Une œuvre à analyser avec lucidité
Ministre de l’Intérieur entre 1995 et 1997, Louis-Gaston Mayila n’a pas laissé un souvenir impérissable en matière de modernisation des libertés publiques. Sous sa gouvernance, ni la loi sur les partis politiques, ni celle sur les associations, ni celle encadrant les réunions publiques n’ont connu de réformes notables. Il n’a pas non plus incarné la transparence en politique, entretenant une confusion entre politique et affaires qui lui a valu de nombreuses accusations.
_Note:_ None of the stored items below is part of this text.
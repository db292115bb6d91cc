//! How a `TextComparer` compares texts, pair after pair.

use crate::cases::text_of;
use crate::comparisons::{MORE, PLAINLY, SHIFTED};
use crate::samples::{Check, over_both};
use crate::stored_keys::answer;
use crate::written_keys;
use std::alloc::Global;
use std::test::Fail;
use test_kit::{DATA, TABLE, halves, holds, same};
use uca_key::{Compared, TextComparer};
use uca_match::{Collator, Lookup};
use uca_text::TextFault;
use uca_weights::Depth::{Identical, Weights};
use uca_weights::Weighting::{NonIgnorable, Shifted};
use uca_weights::{Numbers, Settings, Weighting};

/// The settings of the comparers of long texts.
const SETTINGS: Settings = Settings {
    weighting: NonIgnorable,
    depth: Weights,
    numbers: Numbers::AsText,
};

/// A comparer at each depth.
#[derive(Drop)]
struct Comparers<'a, L: Lookup> {
    weights: TextComparer<'a, L>,
    identical: TextComparer<'a, L>,
}

fn at_each_depth<'a, L: Lookup>(
    alloc: Global,
    collator: &Collator<'a, L>,
    weighting: Weighting,
) -> Comparers<'a, L> {
    let weights = Settings {
        weighting,
        depth: Weights,
        numbers: Numbers::AsText,
    };
    let identical = Settings {
        weighting,
        depth: Identical,
        numbers: Numbers::AsText,
    };
    Comparers {
        weights: TextComparer::new(alloc, alloc, *collator, weights),
        identical: TextComparer::new(alloc, alloc, *collator, identical),
    }
}

/// How two texts compare, and how many of their elements are fetched.
fn check_pair<L: Lookup>(
    alloc: Global,
    comparer: &mut TextComparer<L>,
    (left, right): (&str, &str),
    (wanted, counts): (&str, &str),
) -> Result<(), Fail> {
    let Compared {
        order,
        level,
        fetched_left,
        fetched_right,
    } = comparer.compare(left, right)?;
    same(&answer(alloc, order, level)?, wanted, counts)?;
    same(
        &format!(in alloc; "{fetched_left} {fetched_right}")?,
        counts,
        wanted,
    )
}

/// How two texts compare at either depth, and how many of their elements are fetched.
fn check_depths<L: Lookup>(
    alloc: Global,
    comparers: &mut Comparers<L>,
    texts: (&str, &str),
    answers: &str,
) -> Result<(), Fail> {
    let (by_weights, rest) = halves(answers)?;
    let (identical, counts) = halves(rest)?;
    check_pair(alloc, &mut comparers.weights, texts, (by_weights, counts))?;
    check_pair(alloc, &mut comparers.identical, texts, (identical, counts))
}

/// Two texts, and what is returned.
fn check_case<L: Lookup>(
    alloc: Global,
    comparers: &mut Comparers<L>,
    case: &str,
) -> Result<(), Fail> {
    let (left, rest) = halves(case)?;
    let (right, answers) = halves(rest)?;
    let left = text_of(alloc, left)?;
    let right = text_of(alloc, right)?;
    check_depths(alloc, comparers, (&left, &right), answers)
}

fn check_cases<L: Lookup>(
    alloc: Global,
    collator: &Collator<L>,
    weighting: Weighting,
    cases: &str,
) -> Result<(), Fail> {
    let mut comparers = at_each_depth(alloc, collator, weighting);
    let checked = check_lines(alloc, &mut comparers, cases);
    drop(comparers);
    checked
}

fn check_lines<L: Lookup>(
    alloc: Global,
    comparers: &mut Comparers<L>,
    cases: &str,
) -> Result<(), Fail> {
    for case in cases.lines() {
        check_case(alloc, comparers, case)?;
    }
    Ok(())
}

/// The pairs that are also compared after normalization.
struct Pairs;

impl Check for Pairs {
    fn check<L: Lookup>(&self, alloc: Global, collator: &Collator<L>) -> Result<(), Fail> {
        check_cases(alloc, collator, NonIgnorable, PLAINLY)?;
        check_cases(alloc, collator, Shifted, SHIFTED)
    }
}

#[test]
fn compares_as_after_normalization(rt: HostRuntime) -> Result<(), Fail> {
    let table = format!(in rt.alloc(); "{TABLE}{MORE}")?;
    over_both(rt.alloc(), &table, DATA, &Pairs)
}

/// Pairs of code points that read alone, and of others: in a contraction, a mark after a letter, and a letter with a class.
const PLAIN_AND_BOUND: &str = r"0063 0061 0062 | 0063 0061 0063 | Greater 1 | Greater 1 | 2 2
0061 0062 | 0078 | Greater 1 | Greater 1 | 1 1
0078 | 0061 0062 | Less 1 | Less 1 | 1 1
0061 0301 | 0061 | Greater 2 | Greater 2 | 2 1
0061 0301 | 0063 | Less 1 | Less 1 | 1 1
00E1 0063 | 0061 0301 0063 | Equal 0 | Equal 0 | 3 3
0063 0301 | 0063 0061 | Greater 1 | Greater 1 | 1 1
0063 0064 0301 | 0063 0064 | Greater 1 | Greater 1 | 1 1
0061 | 0061 0063 | Less 1 | Less 1 | 1 2
0061 0063 | 0061 | Greater 1 | Greater 1 | 2 1
00E1 0061 | 0061 0063 | Less 1 | Less 1 | 3 2
0078 00E1 | 0078 0061 | Greater 2 | Greater 2 | 3 2
0061 0063 | 0061 0063 | Equal 0 | Equal 0 | 2 2
0061 0001 | 0061 | Equal 0 | Greater 4 | 2 1
0002 0003 | 0003 0002 | Equal 0 | Less 4 | 2 2
0020 0061 | 0061 | Less 1 | Less 1 | 1 1";

/// A code point that is completely ignorable, one with a weight at level 1 alone, one with none there, and one after `a`.
const OTHERS: &str = r"0001 ; [.0000.0000.0000]
0002 ; [.1000.0000.0000]
0003 ; [.0000.0021.0003]
0078 ; [.1C48.0020.0002]
";

/// What a variable element takes along, also at the end of what two texts share.
const AFTER_VARIABLE: &str = r"0020 0003 | 0020 | Equal 0 | Greater 5 | 2 1
0020 0061 0003 | 0020 0061 | Greater 2 | Greater 2 | 3 2
0020 0003 0061 | 0020 0061 | Equal 0 | Less 5 | 3 2
0061 0020 0063 | 0061 0063 | Less 4 | Less 4 | 3 2
0061 0020 0063 | 0061 0020 0063 | Equal 0 | Equal 0 | 3 3
0020 0061 | 0020 0063 | Less 1 | Less 1 | 2 2
0020 0061 | 0063 | Less 1 | Less 1 | 2 1";

struct PlainAndBound;

impl Check for PlainAndBound {
    fn check<L: Lookup>(&self, alloc: Global, collator: &Collator<L>) -> Result<(), Fail> {
        check_cases(alloc, collator, NonIgnorable, PLAIN_AND_BOUND)?;
        check_cases(alloc, collator, Shifted, AFTER_VARIABLE)
    }
}

#[test]
fn compares_plain_and_bound_points(rt: HostRuntime) -> Result<(), Fail> {
    let table = format!(in rt.alloc(); "{}{OTHERS}", written_keys::TABLE)?;
    over_both(rt.alloc(), &table, written_keys::DATA, &PlainAndBound)
}

/// A letter so many times, and another one.
fn repeated(alloc: Global, letter: char, times: usize, last: &str) -> Result<String, Fail> {
    let mut text = String::new(alloc);
    for _ in 0..times {
        text.push(letter)?;
    }
    text.push_str(last)?;
    Ok(text)
}

/// A letter so many times and then another one, beside a text, and what is returned.
fn check_repeated<L: Lookup>(
    alloc: Global,
    comparer: &mut TextComparer<L>,
    (letter, times, last): (char, usize, &str),
    (right, answers): (&str, (&str, &str)),
) -> Result<(), Fail> {
    let left = repeated(alloc, letter, times, last)?;
    check_pair(alloc, comparer, (&left, right), answers)
}

/// Texts of more than 32 bytes, of 524,288 bytes, and of one more.
struct Long;

fn check_long<L: Lookup>(alloc: Global, comparer: &mut TextComparer<L>) -> Result<(), Fail> {
    let less = ("c", ("Less 1", "1 1"));
    check_repeated(alloc, comparer, ('a', 33, ""), less)?;
    check_repeated(alloc, comparer, ('a', 33, "b"), less)?;
    let greater = ("a", ("Greater 1", "2 1"));
    check_repeated(alloc, comparer, ('a', 524_288, ""), greater)?;
    check_repeated(alloc, comparer, ('a', 524_288, "c"), greater)
}

impl Check for Long {
    fn check<L: Lookup>(&self, alloc: Global, collator: &Collator<L>) -> Result<(), Fail> {
        let mut comparer = TextComparer::new(alloc, alloc, *collator, SETTINGS);
        let checked = check_long(alloc, &mut comparer);
        drop(comparer);
        checked
    }
}

#[test]
fn compares_long_texts(rt: HostRuntime) -> Result<(), Fail> {
    over_both(rt.alloc(), written_keys::TABLE, written_keys::DATA, &Long)
}

/// Some letters and 65 accents.
fn long_run(alloc: Global, letters: &str) -> Result<String, Fail> {
    let mut text = String::from_str(alloc, letters)?;
    for _ in 0..65 {
        text.push('\u{301}')?;
    }
    Ok(text)
}

/// The first long run is at this place of the left text, or else of the right one.
fn is_rejected<L: Lookup>(
    comparer: &mut TextComparer<L>,
    left: &str,
    right: &str,
    place: u32,
) -> Result<(), Fail> {
    holds(
        comparer.compare(left, right) == Err(TextFault::LongRun(place)),
        "a run of 65 marks",
    )
}

/// Texts with a run of marks that is too long are rejected, and the next pair is compared.
struct LongRuns;

fn are_rejected<L: Lookup>(
    comparer: &mut TextComparer<L>,
    first: &str,
    second: &str,
) -> Result<(), Fail> {
    is_rejected(comparer, first, "a", 2)?;
    is_rejected(comparer, "c", second, 3)?;
    is_rejected(comparer, first, second, 2)?;
    is_rejected(comparer, second, first, 3)
}

fn check_long_runs<L: Lookup>(alloc: Global, comparer: &mut TextComparer<L>) -> Result<(), Fail> {
    let first = long_run(alloc, "ca")?;
    let second = long_run(alloc, "aca")?;
    are_rejected(comparer, &first, &second)?;
    check_pair(alloc, comparer, ("a", "c"), ("Less 1", "1 1"))
}

impl Check for LongRuns {
    fn check<L: Lookup>(&self, alloc: Global, collator: &Collator<L>) -> Result<(), Fail> {
        let mut comparer = TextComparer::new(alloc, alloc, *collator, SETTINGS);
        let checked = check_long_runs(alloc, &mut comparer);
        drop(comparer);
        checked
    }
}

#[test]
fn long_runs_are_rejected(rt: HostRuntime) -> Result<(), Fail> {
    over_both(
        rt.alloc(),
        written_keys::TABLE,
        written_keys::DATA,
        &LongRuns,
    )
}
S’il n’a jamais sombré dans l’excès verbal contre ses adversaires, il a avant tout œuvré pour lui-même, esquivant les responsabilités quand cela l’arrangeait. Son parcours, fait de rebondissements et d’adaptations incessantes, interroge sur l’impact réel de son action sur la vie publique gabonaise.
Un héritage contrasté
Avec la disparition de Louis-Gaston Mayila, c’est une page de l’histoire politique du Gabon qui se tourne. Mais au-delà de l’émotion et des hommages, il est nécessaire de poser un regard critique sur son œuvre. A-t-il véritablement œuvré pour une nouvelle république, comme le laissait entendre le nom de son parti ? Son action a-t-elle réellement favorisé l’avènement d’un État de droit ?
Si son endurance et sa longévité politique forcent le respect, les nouvelles générations gagneraient à tirer les leçons de son parcours. Louis-Gaston Mayila a tiré sa révérence, mais l’histoire, elle, retiendra surtout son habileté à naviguer dans les eaux tumultueuses de la politique gabonaise.